▶ Task goal
Set down each entry below exactly as it stands.

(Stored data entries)
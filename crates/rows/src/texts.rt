//! Escapes, for bytes that no line can hold, and words of questions.

use crate::fault::RowsFault;
use std::alloc::Global;
use std::fmt::Write;
use std::str;

/// What comes next of an escape.
#[derive(Clone, Copy)]
enum Place {
    /// No escape is open.
    Plain,
    /// What stands behind a backslash.
    Backslash,
    /// The first digit of `\xHH`.
    High,
    /// Its second digit, where this is the first.
    Low(u8),
}

/// Adds the bytes that a text spells, in which `\r`, `\n`, `\t`, `\\` and `\xHH` stand for one byte.
/// `Refused` where a backslash begins no such escape.
pub fn unescape(text: &str, bytes: &mut Vec<u8>) -> Result<(), RowsFault> {
    let mut place = Place::Plain;
    for byte in text.as_bytes() {
        place = take_byte(bytes, place, *byte)?;
    }
    match place {
        Place::Plain => Ok(()),
        _ => Err(NO_ESCAPE),
    }
}

/// How a backslash that begins no escape is refused.
const NO_ESCAPE: RowsFault = RowsFault::Refused("a backslash that begins no escape");

/// Takes in one byte of a text. `Refused` where no escape goes on so.
fn take_byte(bytes: &mut Vec<u8>, place: Place, byte: u8) -> Result<Place, RowsFault> {
    let spelled = match (place, byte) {
        (Place::Plain, b'\\') => return Ok(Place::Backslash),
        (Place::Plain, _) => byte,
        (Place::Backslash, b'x') => return Ok(Place::High),
        (Place::Backslash, b'r') => b'\r',
        (Place::Backslash, b'n') => b'\n',
        (Place::Backslash, b't') => b'\t',
        (Place::Backslash, b'\\') => b'\\',
        (Place::Backslash, _) => return Err(NO_ESCAPE),
        (Place::High, _) => return Ok(Place::Low(digit_of(byte)?)),
        (Place::Low(high), _) => high.wrapping_mul(16).wrapping_add(digit_of(byte)?),
    };
    bytes.push(spelled)?;
    Ok(Place::Plain)
}

/// Returns the value of a hexadecimal digit.
fn digit_of(digit: u8) -> Result<u8, RowsFault> {
    match digit {
        b'0'..=b'9' => Ok(digit.wrapping_sub(b'0')),
        b'a'..=b'f' => Ok(digit.wrapping_sub(b'a').wrapping_add(10)),
        b'A'..=b'F' => Ok(digit.wrapping_sub(b'A').wrapping_add(10)),
        _ => Err(NO_ESCAPE),
    }
}

/// Adds bytes as a text in which line ends, tabs and backslashes stand escaped.
pub fn put_escaped(alloc: Global, bytes: &[u8], out: &mut String) -> Result<(), RowsFault> {
    for letter in String::from_utf8_lossy(alloc, bytes)?.chars() {
        match escape_of(letter) {
            Some(escape) => out.push_str(escape)?,
            None => out.push(letter)?,
        }
    }
    Ok(())
}

/// Adds a text of printable ASCII that spells bytes: all others, and backslashes, stand escaped.
pub fn spell(bytes: &[u8], out: &mut String) -> Result<(), RowsFault> {
    for byte in bytes {
        match escape_of(char::from(*byte)) {
            Some(escape) => out.push_str(escape)?,
            None if matches!(*byte, b' '..=b'~') => out.push(char::from(*byte))?,
            None => write!(out, "\\x{byte:02x}")?,
        }
    }
    Ok(())
}

/// Returns the escape that stands for a letter, if it needs one.
fn escape_of(letter: char) -> Option<&'static str> {
    match letter {
        '\r' => Some("\\r"),
        '\n' => Some("\\n"),
        '\t' => Some("\\t"),
        '\\' => Some("\\\\"),
        _ => None,
    }
}

/// Returns bytes as text; what is no text is empty.
pub fn text_of(bytes: &[u8]) -> &str {
    match str::from_utf8(bytes) {
        Ok(text) => text,
        Err(_) => "",
    }
}

/// Adds bytes that have to be text.
pub fn put_text(bytes: &[u8], out: &mut String) -> Result<(), RowsFault> {
    match str::from_utf8(bytes) {
        Ok(text) => put(text, out),
        Err(_) => Err(RowsFault::Refused("no text")),
    }
}

/// Adds a text.
pub fn put(text: &str, out: &mut String) -> Result<(), RowsFault> {
    out.push_str(text)?;
    Ok(())
}

/// Returns the first word of a text, and what stands behind it.
pub fn first_word(text: &str) -> (&str, &str) {
    match text.split_once(' ') {
        Some((word, rest)) => (word, rest.trim_ascii_start()),
        None => (text, ""),
    }
}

▶ Reply to the exercise
filename crates/rows/src/texts.rt
//! Escapes, for bytes that no line can hold, and words of questions.

use crate::fault::RowsFault;
use std::alloc::Global;
use std::fmt::Write;
use std::str;

/// What comes next of an escape.
#[derive(Clone, Copy)]
enum Place {
    /// No escape is open.
    Plain,
    /// What stands behind a backslash.
    Backslash,
    /// The first digit of `\xHH`.
    High,
    /// Its second digit, where this is the first.
    Low(u8),
}

/// Adds the bytes that a text spells, in which `\r`, `\n`, `\t`, `\\` and `\xHH` stand for one byte.
/// `Refused` where a backslash begins no such escape.
pub fn unescape(text: &str, bytes: &mut Vec<u8>) -> Result<(), RowsFault> {
    let mut place = Place::Plain;
    for byte in text.as_bytes() {
        place = take_byte(bytes, place, *byte)?;
    }
    match place {
        Place::Plain => Ok(()),
        _ => Err(NO_ESCAPE),
    }
}

/// How a backslash that begins no escape is refused.
const NO_ESCAPE: RowsFault = RowsFault::Refused("a backslash that begins no escape");

/// Takes in one byte of a text. `Refused` where no escape goes on so.
fn take_byte(bytes: &mut Vec<u8>, place: Place, byte: u8) -> Result<Place, RowsFault> {
    let spelled = match (place, byte) {
        (Place::Plain, b'\\') => return Ok(Place::Backslash),
        (Place::Plain, _) => byte,
        (Place::Backslash, b'x') => return Ok(Place::High),
        (Place::Backslash, b'r') => b'\r',
        (Place::Backslash, b'n') => b'\n',
        (Place::Backslash, b't') => b'\t',
        (Place::Backslash, b'\\') => b'\\',
        (Place::Backslash, _) => return Err(NO_ESCAPE),
        (Place::High, _) => return Ok(Place::Low(digit_of(byte)?)),
        (Place::Low(high), _) => high.wrapping_mul(16).wrapping_add(digit_of(byte)?),
    };
    bytes.push(spelled)?;
    Ok(Place::Plain)
}

/// Returns the value of a hexadecimal digit.
fn digit_of(digit: u8) -> Result<u8, RowsFault> {
    match digit {
        b'0'..=b'9' => Ok(digit.wrapping_sub(b'0')),
        b'a'..=b'f' => Ok(digit.wrapping_sub(b'a').wrapping_add(10)),
        b'A'..=b'F' => Ok(digit.wrapping_sub(b'A').wrapping_add(10)),
        _ => Err(NO_ESCAPE),
    }
}

/// Adds bytes as a text in which line ends, tabs and backslashes stand escaped.
pub fn put_escaped(alloc: Global, bytes: &[u8], out: &mut String) -> Result<(), RowsFault> {
    for letter in String::from_utf8_lossy(alloc, bytes)?.chars() {
        match escape_of(letter) {
            Some(escape) => out.push_str(escape)?,
            None => out.push(letter)?,
        }
    }
    Ok(())
}

/// Adds a text of printable ASCII that spells bytes: all others, and backslashes, stand escaped.
pub fn spell(bytes: &[u8], out: &mut String) -> Result<(), RowsFault> {
    for byte in bytes {
        match escape_of(char::from(*byte)) {
            Some(escape) => out.push_str(escape)?,
            None if matches!(*byte, b' '..=b'~') => out.push(char::from(*byte))?,
            None => write!(out, "\\x{byte:02x}")?,
        }
    }
    Ok(())
}

/// Returns the escape that stands for a letter, if it needs one.
fn escape_of(letter: char) -> Option<&'static str> {
    match letter {
        '\r' => Some("\\r"),
        '\n' => Some("\\n"),
        '\t' => Some("\\t"),
        '\\' => Some("\\\\"),
        _ => None,
    }
}

/// Returns bytes as text; what is no text is empty.
pub fn text_of(bytes: &[u8]) -> &str {
    match str::from_utf8(bytes) {
        Ok(text) => text,
        Err(_) => "",
    }
}

/// Adds bytes that have to be text.
pub fn put_text(bytes: &[u8], out: &mut String) -> Result<(), RowsFault> {
    match str::from_utf8(bytes) {
        Ok(text) => put(text, out),
        Err(_) => Err(RowsFault::Refused("no text")),
    }
}

/// Adds a text.
pub fn put(text: &str, out: &mut String) -> Result<(), RowsFault> {
    out.push_str(text)?;
    Ok(())
}

/// Returns the first word of a text, and what stands behind it.
pub fn first_word(text: &str) -> (&str, &str) {
    match text.split_once(' ') {
        Some((word, rest)) => (word, rest.trim_ascii_start()),
        None => (text, ""),
    }
}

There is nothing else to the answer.